• _PROBLEM REQUIREMENTS_:
Go through the listing below and gather every line with the word "took".

• _INFORMATION_:
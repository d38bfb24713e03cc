//! Streams that end, fail and are full.

use crate::page::Page;
use crate::stopped::Done;
use io_edge::{MemSink, MemSource, Sink, read_all, write_all};
use std::alloc::Global;
use vss_names::Numbers;

/// What comes of reading all, where a call of the source fails.
fn show_all(alloc: Global, page: &mut Page, failing: u32, limit: usize) -> Done {
    let failing = Numbers::copy(alloc, &[failing])?;
    let mut source = MemSource::new(b"thawed".to_vec(alloc)?, 2, failing);
    match read_all(alloc, &mut source, limit) {
        Ok(text) => page.line("all", text.bytes()),
        Err(error) => page.show("all", &error),
    }
    page.line("left", source.left());
    Ok(())
}

/// What comes of writing all, where a call of the sink fails or its room ends.
fn show_written(alloc: Global, page: &mut Page, failing: u32, room: usize) -> Done {
    let failing = Numbers::copy(alloc, &[failing])?;
    let mut sink = MemSink::with_room(alloc, room, failing)?;
    page.show("written", &write_all(&mut sink, b"committed"));
    page.line("taken", sink.taken());
    Ok(())
}

/// A sink takes no more than its room.
fn show_sink(alloc: Global, page: &mut Page) -> Done {
    let mut sink = MemSink::with_room(alloc, 3, Numbers::new(alloc))?;
    page.show("write", &sink.write(b"abcd"));
    page.show("write", &sink.write(b"d"));
    page.show("faults", &sink.faults());
    page.line("taken", sink.taken());
    Ok(())
}

/// All of these.
pub fn show_streams(alloc: Global, page: &mut Page) -> Done {
    show_sink(alloc, page)?;
    for (failing, limit) in [(9u32, 6usize), (9, 5), (2, 6)] {
        show_all(alloc, page, failing, limit)?;
    }
    for (failing, room) in [(9u32, 9usize), (9, 6), (1, 9)] {
        show_written(alloc, page, failing, room)?;
    }
    Ok(())
}
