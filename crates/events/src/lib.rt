// Event records of document 01, and kind 5 of document 02: one byte of kind, then a body whose length the kind fixes;
// numbers little-endian.
#![tactic(auto)]

ghost use Rattle.std.specs.Prelude.{◌≡◌, ◌∷◌, if◌then◌else◌, ltb, leb, length, drop, Ok, Err};
ghost use Rattle.lists.specs.Lists.{over_front};
ghost use Rattle.events.specs.Records.{bytes_of, field, kind_of, new_board_in, submit_in, grid_board_in, whole_or15, read_from, written, written_buffer, submission_of, told_read, told_written};

use tasks::Submission;

// What an event of kind 2 asks for, as its body says it: its own, so that a later field of a submission changes no record.
#[derive(Clone, Copy)]
pub struct Ask {
    pub id: u32,
    pub e: u32,
    pub d: u32,
    pub w: u16,
    pub h: u16,
}

// "an event's fields have the record's widths". A board on a grid is an event of its own, and not a new board with a
// grid of 1 or more: so a record of kind 5 with g 1 is written again as kind 5, and one of kind 1 as kind 1.
#[derive(Clone, Copy)]
pub enum Event {
    NewBoard { columns: u16, rows: u16 },
    Submit { planner: u8, ask: Ask },
    Clock { instant: u32 },
    Withdraw { id: u32 },
    GridBoard { columns: u16, rows: u16, grid: u8 },
}

// Why there is no event: 15 and 16, each with the kind byte.
#[derive(Clone, Copy, PartialEq, Eq)]
pub enum ReadError {
    CutShort(u8),
    Unknown(u8),
}

// What the reader returns: the event and the bytes it took; none at the end; 15 or 16.
pub type Reading = Result<Option<(Event, usize)>, ReadError>;

// 17: the buffer has no room for the record.
#[derive(Clone, Copy, PartialEq, Eq)]
pub struct NoRoom;

// What the writer returns: the record's length; 17.
pub type Written = Result<usize, NoRoom>;

// What a body of each kind gives: its event with the kind byte and the body taken, or 15.
fn read_new_board(body: &[u8]) -> Reading
    ensures { result ≡ whole_or15 1 4 body.now (new_board_in body.now) }
{
    if body.len() < 4 {
        return Err(ReadError::CutShort(1));
    }
    let columns = u16::from_le_bytes(fields::bytes_at(body, 0));
    let rows = u16::from_le_bytes(fields::bytes_at(body, 2));
    Ok(Some((Event::NewBoard { columns, rows }, 5)))
}

fn read_submit(body: &[u8]) -> Reading
    ensures { result ≡ whole_or15 2 17 body.now (submit_in body.now) }
{
    if body.len() < 17 {
        return Err(ReadError::CutShort(2));
    }
    let planner = body[0];
    let ask = Ask {
        id: u32::from_le_bytes(fields::bytes_at(body, 1)),
        w: u16::from_le_bytes(fields::bytes_at(body, 5)),
        h: u16::from_le_bytes(fields::bytes_at(body, 7)),
        e: u32::from_le_bytes(fields::bytes_at(body, 9)),
        d: u32::from_le_bytes(fields::bytes_at(body, 13)),
    };
    Ok(Some((Event::Submit { planner, ask }, 18)))
}

// The one number of a clock record and of a withdrawal.
fn read_number(kind: u8, body: &[u8]) -> Result<u32, ReadError>
    ensures { result ≡ (if ltb (length body.now) 4 then Err (ReadError.CutShort kind) else Ok (field 0 4 body.now)) }
{
    if body.len() < 4 {
        return Err(ReadError::CutShort(kind));
    }
    Ok(u32::from_le_bytes(fields::bytes_at(body, 0)))
}

fn read_grid_board(body: &[u8]) -> Reading
    ensures { result ≡ whole_or15 5 5 body.now (grid_board_in body.now) }
{
    if body.len() < 5 {
        return Err(ReadError::CutShort(5));
    }
    let columns = u16::from_le_bytes(fields::bytes_at(body, 0));
    let rows = u16::from_le_bytes(fields::bytes_at(body, 2));
    let grid = body[4];
    let event = Event::GridBoard {
        columns,
        rows,
        grid,
    };
    Ok(Some((event, 6)))
}

// The kind byte of an event.
pub fn kind_of(event: Event) -> u8
    ensures { result ≡ kind_of event }
{
    match event {
        Event::NewBoard { .. } => 1,
        Event::Submit { .. } => 2,
        Event::Clock { .. } => 3,
        Event::Withdraw { .. } => 4,
        Event::GridBoard { .. } => 5,
    }
}

// What such an event asks of a planner.
impl From<Ask> for Submission {
    ghost from_gives = { λ ask submission. submission ≡ submission_of ask };

    fn from(ask: Ask) -> Submission {
        let Ask { id, e, d, w, h } = ask;
        Submission { id, e, d, w, h }
    }
}

// THE READER, from a place of a longer buffer on: nothing is copied, and a place past the end is the end.
pub fn read_at(s: &[u8], at: usize) -> Reading
    ensures value { result ≡ read_from (drop at s.now) }
    ensures result_value { told_read result ≡ told_read (read_from (drop at s.now)) }
{
    if s.len() <= at {
        return Ok(None);
    }
    let kind = s[at];
    let body = &s[at + 1..];
    match kind {
        1 => read_new_board(body),
        2 => read_submit(body),
        3 => {
            let instant = read_number(3, body)?;
            Ok(Some((Event::Clock { instant }, 5)))
        }
        4 => {
            let id = read_number(4, body)?;
            Ok(Some((Event::Withdraw { id }, 5)))
        }
        5 => read_grid_board(body),
        _ => Err(ReadError::Unknown(kind)),
    }
}

// THE READER: the event whose record stands at the front, and the bytes it took.
pub fn read(s: &[u8]) -> Reading
    ensures value { result ≡ read_from s.now }
    ensures result_value { told_read result ≡ told_read (read_from s.now) }
{
    read_at(s, 0)
}

// The record of each kind, at the front of a buffer that has room; 17 is found before a byte is stored.
fn write_new_board(buffer: &mut [u8], columns: u16, rows: u16) -> Written
    ensures value { result ≡ written (Event.NewBoard columns rows) (length buffer.old) }
    ensures buffer_after { buffer.new ≡ written_buffer (Event.NewBoard columns rows) buffer.old }
{
    if buffer.len() < 5 {
        return Err(NoRoom);
    }
    buffer[0] = 1;
    fields::put(buffer, 1, &columns.to_le_bytes());
    fields::put(buffer, 3, &rows.to_le_bytes());
    Ok(5)
}

fn write_submit(buffer: &mut [u8], planner: u8, ask: Ask) -> Written
    ensures value { result ≡ written (Event.Submit planner ask) (length buffer.old) }
    ensures buffer_after { buffer.new ≡ written_buffer (Event.Submit planner ask) buffer.old }
{
    if buffer.len() < 18 {
        return Err(NoRoom);
    }
    buffer[0] = 2;
    buffer[1] = planner;
    fields::put(buffer, 2, &ask.id.to_le_bytes());
    fields::put(buffer, 6, &ask.w.to_le_bytes());
    fields::put(buffer, 8, &ask.h.to_le_bytes());
    fields::put(buffer, 10, &ask.e.to_le_bytes());
    fields::put(buffer, 14, &ask.d.to_le_bytes());
    Ok(18)
}

// Of a kind with one number: a clock record, a withdrawal.
fn write_number(buffer: &mut [u8], kind: u8, number: u32) -> Written
    ensures value { result ≡ (if leb 5 (length buffer.old) then Ok 5 else Err (record {})) }
    ensures buffer_after { buffer.new ≡ (if leb 5 (length buffer.old) then over_front (kind ∷ bytes_of 4 number) buffer.old else buffer.old) }
{
    if buffer.len() < 5 {
        return Err(NoRoom);
    }
    buffer[0] = kind;
    fields::put(buffer, 1, &number.to_le_bytes());
    Ok(5)
}

fn write_grid_board(buffer: &mut [u8], columns: u16, rows: u16, grid: u8) -> Written
    ensures value { result ≡ written (Event.GridBoard columns rows grid) (length buffer.old) }
    ensures buffer_after { buffer.new ≡ written_buffer (Event.GridBoard columns rows grid) buffer.old }
{
    if buffer.len() < 6 {
        return Err(NoRoom);
    }
    buffer[0] = 5;
    fields::put(buffer, 1, &columns.to_le_bytes());
    fields::put(buffer, 3, &rows.to_le_bytes());
    buffer[5] = grid;
    Ok(6)
}

// THE WRITER: one record at the front of a lent buffer; bytes beyond it stay, and a refusal leaves every byte.
pub fn write(buffer: &mut [u8], v: Event) -> Written
    ensures value { result ≡ written v (length buffer.old) }
    ensures buffer_after { buffer.new ≡ written_buffer v buffer.old }
    ensures result_value { told_written result ≡ told_written (written v (length buffer.old)) }
{
    match v {
        Event::NewBoard { columns, rows } => write_new_board(buffer, columns, rows),
        Event::Submit { planner, ask } => write_submit(buffer, planner, ask),
        Event::Clock { instant } => write_number(buffer, 3, instant),
        Event::Withdraw { id } => write_number(buffer, 4, id),
        Event::GridBoard {
            columns,
            rows,
            grid,
        } => write_grid_board(buffer, columns, rows, grid),
    }
}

• _RESULT_:
// What the reader returns: the event and the bytes it took; none at the end; 15 or 16.
// THE READER: the event whose record stands at the front, and the bytes it took.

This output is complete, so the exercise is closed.